Резко и терпко пахнет свежей эмалью — наводя последний глянец перед возвращением, матросы, быстрые, гибкие, в холщовых и тем не менее щеголеватых, ловко сшитых робах, снуют по палубам с ведерками и кистями, то тут, то там подкрашивают борта, трапы, переборки, спасательные шлюпки.
Дым весело прет из широкоплечей, чуть отвалившейся на корму белой трубы с широкой поперечной красной каймой, ветер пригибает дым к воде за кормой, дым изящен, легок, стелется, словно кисея подвенечной фаты.
Все празднично-приподнято на борту корабля и на душе, все томит смутной надеждой, неясным ожиданием, — и то, что возвращаемся домой, и то, что озорно посверкивают медяшки корабля, надраенные матросами до нестерпимого блеска. Дымчатая кисея за кормой. Голубеющий вымпел. Крутая волна.
«Михаил Калинин», теплоход Балтийского пароходства, регулярный рейс Лондон — Ленинград, порт приписки — Ленинград.
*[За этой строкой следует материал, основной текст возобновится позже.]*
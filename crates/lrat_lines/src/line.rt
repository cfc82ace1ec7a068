//! Lines of a proof.
ghost use Rattle.std.specs.Prelude.{◌≡◌, ◌≤◌, [], length, drop, IfOk};
ghost use Rattle.std.specs.List.{list_any};
ghost use Rattle.dimacs_text.specs.Parts.{words, is_space};
ghost use Rattle.dimacs_text.specs.declared.number.Signed.{Signed};
ghost use Rattle.lrat_lines.specs.Lines.{line_of, fields_say, behind_id, addition_of, deletion_of, list_of};
ghost use Rattle.lrat_lines.specs.Forms.{form_of};

use crate::field::read_list;
use decimal_text::read_number;
use dimacs_text::{Signed, next_field};
use rsfq_ids::list::NoMemory;
use std::alloc::Global;

/// The form of a line.
#[derive(Clone, Copy, Debug, PartialEq, Eq)]
pub enum Form {
    /// The line says nothing.
    Skipped,
    /// It is no line of the format.
    Broken,
    /// A clause with this id is added: the literals and the hints are those that were read.
    Addition(u32),
    /// Clauses are deleted: their ids are those that were read.
    Deletion,
}

/// The numbers of a line, which are kept to be filled anew.
#[derive(Drop)]
pub struct Numbers {
    /// The literals of an addition, or the ids of a deletion.
    pub lits: Vec<Signed>,
    /// The hints of an addition.
    pub hints: Vec<Signed>,
}

impl Numbers {
    /// No numbers. It takes no memory; later calls take it from `alloc`.
    pub fn new(alloc: Global) -> Numbers
        ensures lits { result.lits.items ≡ [] }
        ensures hints { result.hints.items ≡ [] }
    {
        Numbers {
            lits: Vec::new(alloc),
            hints: Vec::new(alloc),
        }
    }

    /// Reads a line, of which its newline byte is no part, and answers its form. The literals and the hints of an addition, or the ids of a
    /// deletion, then stand in the fields; at the other forms the fields have no meaning.
    ///
    /// # Errors
    ///
    /// Only for want of memory. Then the fields have no meaning either.
    pub fn read_line(&mut self, line: &[u8]) -> Result<Form, NoMemory>
        ensures { IfOk result (λ form. line_of line.now ≡ form_of form self.new.lits.items self.new.hints.items) }
    {
        if line.is_empty() || line[0] == b'c' {
            return Ok(Form::Skipped);
        }
        if line[0] == b' ' || line[line.len() - 1] == b' ' {
            return Ok(Form::Broken);
        }
        self.read_fields(line)
    }

    /// Reads the fields of a line.
    fn read_fields(&mut self, line: &[u8]) -> Result<Form, NoMemory>
        ensures { IfOk result (λ form. fields_say (words is_space 0 line.now) ≡ form_of form self.new.lits.items self.new.hints.items) }
    {
        let Some((start, end)) = next_field(line, 0) else {
            return Ok(Form::Broken);
        };
        match read_number(&line[start..end], u32::MAX) {
            Some(id) => self.read_behind_id(line, end, id),
            None => Ok(Form::Broken),
        }
    }

    /// Reads the fields behind the id, which ends at a place.
    fn read_behind_id(&mut self, line: &[u8], at: usize, id: u32) -> Result<Form, NoMemory>
        requires { at ≤ length line.now }
        ensures { IfOk result (λ form. behind_id id (words is_space at (drop at line.now)) ≡ form_of form self.new.lits.items self.new.hints.items) }
    {
        match next_field(line, at) {
            None => Ok(Form::Broken),
            Some((start, end)) => {
                if &line[start..end] == b"d".as_slice() {
                    self.read_deletion(line, end)
                } else {
                    self.read_addition(line, at, id)
                }
            }
        }
    }

    /// Reads the ids of a deletion from a place on.
    fn read_deletion(&mut self, line: &[u8], at: usize) -> Result<Form, NoMemory>
        requires { at ≤ length line.now }
        ensures { IfOk result (λ form. deletion_of (list_of (words is_space at (drop at line.now))) ≡ form_of form self.new.lits.items self.new.hints.items) }
    {
        let Some(behind) = read_list(line, at, &mut self.lits)? else {
            return Ok(Form::Broken);
        };
        if next_field(line, behind).is_some() {
            return Ok(Form::Broken);
        }
        if has_hyphen(&self.lits) {
            return Ok(Form::Broken);
        }
        Ok(Form::Deletion)
    }

    /// Reads the literals and the hints of an addition from a place on.
    fn read_addition(&mut self, line: &[u8], at: usize, id: u32) -> Result<Form, NoMemory>
        requires { at ≤ length line.now }
        ensures { IfOk result (λ form. addition_of id (list_of (words is_space at (drop at line.now))) ≡ form_of form self.new.lits.items self.new.hints.items) }
    {
        let Some(behind) = read_list(line, at, &mut self.lits)? else {
            return Ok(Form::Broken);
        };
        let Some(end) = read_list(line, behind, &mut self.hints)? else {
            return Ok(Form::Broken);
        };
        if next_field(line, end).is_some() {
            return Ok(Form::Broken);
        }
        Ok(Form::Addition(id))
    }
}

/// Whether a number stands behind a hyphen.
fn has_hyphen(numbers: &[Signed]) -> bool
    ensures { result ≡ list_any (λ (number : Signed). number.negative) numbers.now }
{
    numbers.iter().any(|number| number.negative)
}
Я сам приписан к этому порту, не только «Михаил Калинин». Навсегда, до смерти, хотя паспорт, бессрочный, после демобилизации, выписан мне в Москве, и я москвич уже давнишний и в Ленинграде только наездами, и если город — это не только проспекты, набережные и мосты, не только то, что тебе близко, но и те, что тебе близки, то у меня «тех» в Ленинграде с каждым годом меньше, меньше, меньше… Нынче редко увидишь на Невском знакомое лицо, хотя прожил в городе два десятилетия, — «круг сужается», и в этом закономерность, быть может, печальная, но закономерность.
Везу в Ленинград то, в чем он, впрочем, никогда не нуждался, — дождь.
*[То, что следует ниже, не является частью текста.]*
//! The lines of a proof in the LRAT text format: additions of clauses with their hints, and deletions.
#![tactic(auto)]

mod field;
mod laws;
mod line;

pub use laws::lines_are_spelled;
pub use line::{Form, Numbers};
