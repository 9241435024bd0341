//! The world: files by name, what is run, transcripts by test, and the book of patterns.
ghost use Rattle.std.specs.Prelude.{◌≡◌, ◌≢◌, ◌++◌, Some, Ok, option_and_then, option_copied, false, Err, IfOk, IfErr, IfSome, OnOk, OnErr, IsTrue, ◌↔◌, ◌⊎◌, length};
ghost use Rattle.std.specs.List.Sorted.{IsStrictlySortedBy};
ghost use Rattle.std.specs.Ordering.{nat_cmp};
ghost use Rattle.std.specs.Cmp.Lexicographic.{slice_cmp};
ghost use Rattle.std.specs.Map.{keys_of};
ghost use Rattle.dg_world.specs.Name.{is_single_part};
ghost use Rattle.dg_world.specs.Tests.{tests_on};
ghost use Rattle.dg_transcript.specs.Sessions.{entry_at};
ghost use Rattle.dg_world.specs.Transcripts.{entry_answer, refusal_for, transcript_in};

use crate::edit::Edit;
use crate::name::{Name, is_name};
use crate::question::{Answer, EntryPlace, Question, are_same_entry};
use crate::refusal::Refusal;
use crate::selection::Selection;
use crate::test_id::TestId;
use dg_bytes::{Bytes, Seq, TryCopy};
use dg_match::PatternBook;
use dg_transcript::{Cause, Entry, Transcript, decode};
use std::alloc::{AllocError, Global};
use std::collections::BTreeMap;
use std::marker::Model;

const MAX_FILES: usize = 4096;

const MAX_FILE_LENGTH: usize = 1_048_576;

const MAX_TRANSCRIPTS: usize = 65_536;

/// What scripts are judged in: at most 4,096 files, each a name with at most 1,048,576 bytes, a selection, at most 65,536
/// transcripts of tests, and the book of patterns, whose answers stay for good.
pub struct World {
    files: BTreeMap<Name, Bytes>,
    selection: Selection,
    transcripts: BTreeMap<TestId, Transcript>,
    book: PatternBook,
}

impl Drop for World {
    fn drop(self) {
        let World {
            files: _,
            selection: _,
            transcripts: _,
            book: _,
        } = self;
    }
}

impl Model for World {
    ghost use Rattle.std.specs.Prelude.{IsTrue};
    ghost use Rattle.dg_world.specs.World.{WorldView, is_world};

    ghost Value = { WorldView };

    ghost view = { λ w. record { files = w.files.entries; selection = w.selection; transcripts = w.transcripts.entries; book = w.book } };

    ghost invariant = { λ w. IsTrue (is_world (record { files = w.files.entries; selection = w.selection; transcripts = w.transcripts.entries; book = w.book })) };
}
Везу его уже вторую неделю, не расставаясь ни на секунду, из самой вальтер-скоттовской Шотландии.
В Глазго и Эдинбурге прохожие не разлучались с зонтиками. Сквозь мокрые прозрачные плащи современного покроя просвечивало средневековье: мужчины в юбочках со знаменитыми шотландскими клетками — по ним, как по опознавательным знакам, понимающие люди определяли принадлежность того или иного встречного к тому или иному древнему клану.
Климат тут традиционен, как эти мужские юбочки, юмор мрачноват, как климат; знакомый шотландец сказал мне: девять месяцев в году у нас в Шотландии дождь, остальные три — дурная погода.
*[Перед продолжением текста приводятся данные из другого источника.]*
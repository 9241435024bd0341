//! Triplets, which name a machine by its processor, its maker and its system.
ghost use Rattle.std.specs.Prelude.{◌≡◌, ◌↔◌, Err, IfOk, OnOk, IsTrue, true, false, nat_eq, count_by, ◌==◌};
ghost use Rattle.std.specs.Cmp.Lexicographic.{pointwise, nat_list_eq_equiv};
ghost use Rattle.std.specs.Cmp.{partial_equiv_from_equiv};
ghost use Rattle.dg_boards.specs.Triplet as word;
ghost use Rattle.dg_glob.specs.Glob.{Matches};

use crate::fault::TripletFault;
use dg_bytes::{Bytes, TryCopy, are_portable};
use dg_glob::string_match;
use std::alloc::{AllocError, Global};
use std::fmt;
use std::marker::Model;

/// How many bytes are `-`.
fn dashes(text: &[u8]) -> usize
    ensures { result ≡ count_by (λ b. b == 45) text.now }
{
    text.iter().filter(|byte| **byte == b'-').count()
}

/// Whether the text is a triplet.
fn is_triplet(text: &[u8]) -> bool
    ensures { result ≡ word.is_triplet text.now }
{
    !text.is_empty() && text.len() <= 255 && are_portable(text) && dashes(text) >= 2
}

/// The triplet of a machine, as `x86_64-pc-linux-gnu` (the DejaGnu manual, "Config names"): 1 to 255
/// letters, digits and bytes of `._+-`, of which at least two are `-`. A contract sees its bytes.
pub struct Triplet {
    text: Bytes,
}

impl Drop for Triplet {
    fn drop(self) {
        let Triplet { text: _ } = self;
    }
}

impl Model for Triplet {
    ghost use Rattle.std.specs.Prelude.{ℕ, List, true, ◌≡◌};
    ghost use Rattle.dg_boards.specs.Triplet as word;

    ghost Value = { List ℕ };

    ghost view = { λ t. t.text };

    ghost invariant = { λ t. word.is_triplet t.text ≡ true };
}

impl Triplet {
    /// The triplet with these bytes; `Bad` exactly where they are none.
    pub fn new(alloc: Global, text: &[u8]) -> Result<Triplet, TripletFault>
        ensures value { IfOk result (λ t. t ≡ text.now) }
        ensures ok { OnOk result (word.is_triplet text.now ≡ true) }
        ensures bad { (result ≡ Err TripletFault.Bad) ↔ (word.is_triplet text.now ≡ false) }
    {
        if !is_triplet(text) {
            return Err(TripletFault::Bad);
        }
        Ok(Triplet {
            text: Bytes::from_slice(alloc, text)?,
        })
    }

    /// The triplet's bytes.
    pub fn as_slice(&self) -> &[u8]
        ensures value { result.now ≡ self.now }
        ensures triplet { word.is_triplet self.now ≡ true }
    {
        self.text.as_slice()
    }
}

impl TryCopy for Triplet {
    fn copy(&self, alloc: Global) -> Result<Triplet, AllocError> {
        Ok(Triplet {
            text: self.text.copy(alloc)?,
        })
    }
}

impl PartialEq for Triplet {
    ghost eq = { pointwise nat_eq };

    ghost laws = { partial_equiv_from_equiv nat_list_eq_equiv };

    fn eq(&self, other: &Triplet) -> bool {
        self.text == other.text
    }
}

impl Eq for Triplet {
    ghost laws = { nat_list_eq_equiv };
}

impl fmt::Debug for Triplet {
    fn fmt<W: fmt::Write>(&self, f: &mut fmt::Formatter<W>) -> fmt::Result {
        write!(f, "{:?}", self.text)
    }
}

/// Whether the pattern matches the triplet, as `string match` of Tcl(n) does. It takes no memory.
pub fn matches_config(pattern: &[u8], triplet: &Triplet) -> bool
    ensures { IsTrue result ↔ Matches pattern.now triplet.now }
{
    string_match(pattern, triplet.as_slice())
}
Но и в собственно Англии, в Лондоне, дождь сечет, сечет без устали, провожая нас, и на Темзе диккенсовский клерк с раскрытым зонтиком (ни зонтик, ни сам клерк ничуть не трансформировались со времен «Давида Копперфильда»!) дружественно-снисходительно машет с причала своим старомодным котелком.
Датчане приняли эстафету у англичан: дождь и в Копенгагене, и в струях его блестят спицы сотен движущихся по улицам велосипедов. Нет, не сотен — тысяч, десятков тысяч, сотен тысяч. Кажется, нигде в мире, даже в Китае, я не видел такого несметного множества велосипедов. Катят по улицам, стоят в стойлах, небрежно кинуты у подъездов…
И здесь, в Копенгагене, как и в Лондоне, ходит у королевского дворца мокрый часовой в живописном кивере ушедших времен. Неживым шагом. Только тут, в датском королевстве, все вроде бы попроще; говорят, датского короля можно встретить даже в бакалейном магазине.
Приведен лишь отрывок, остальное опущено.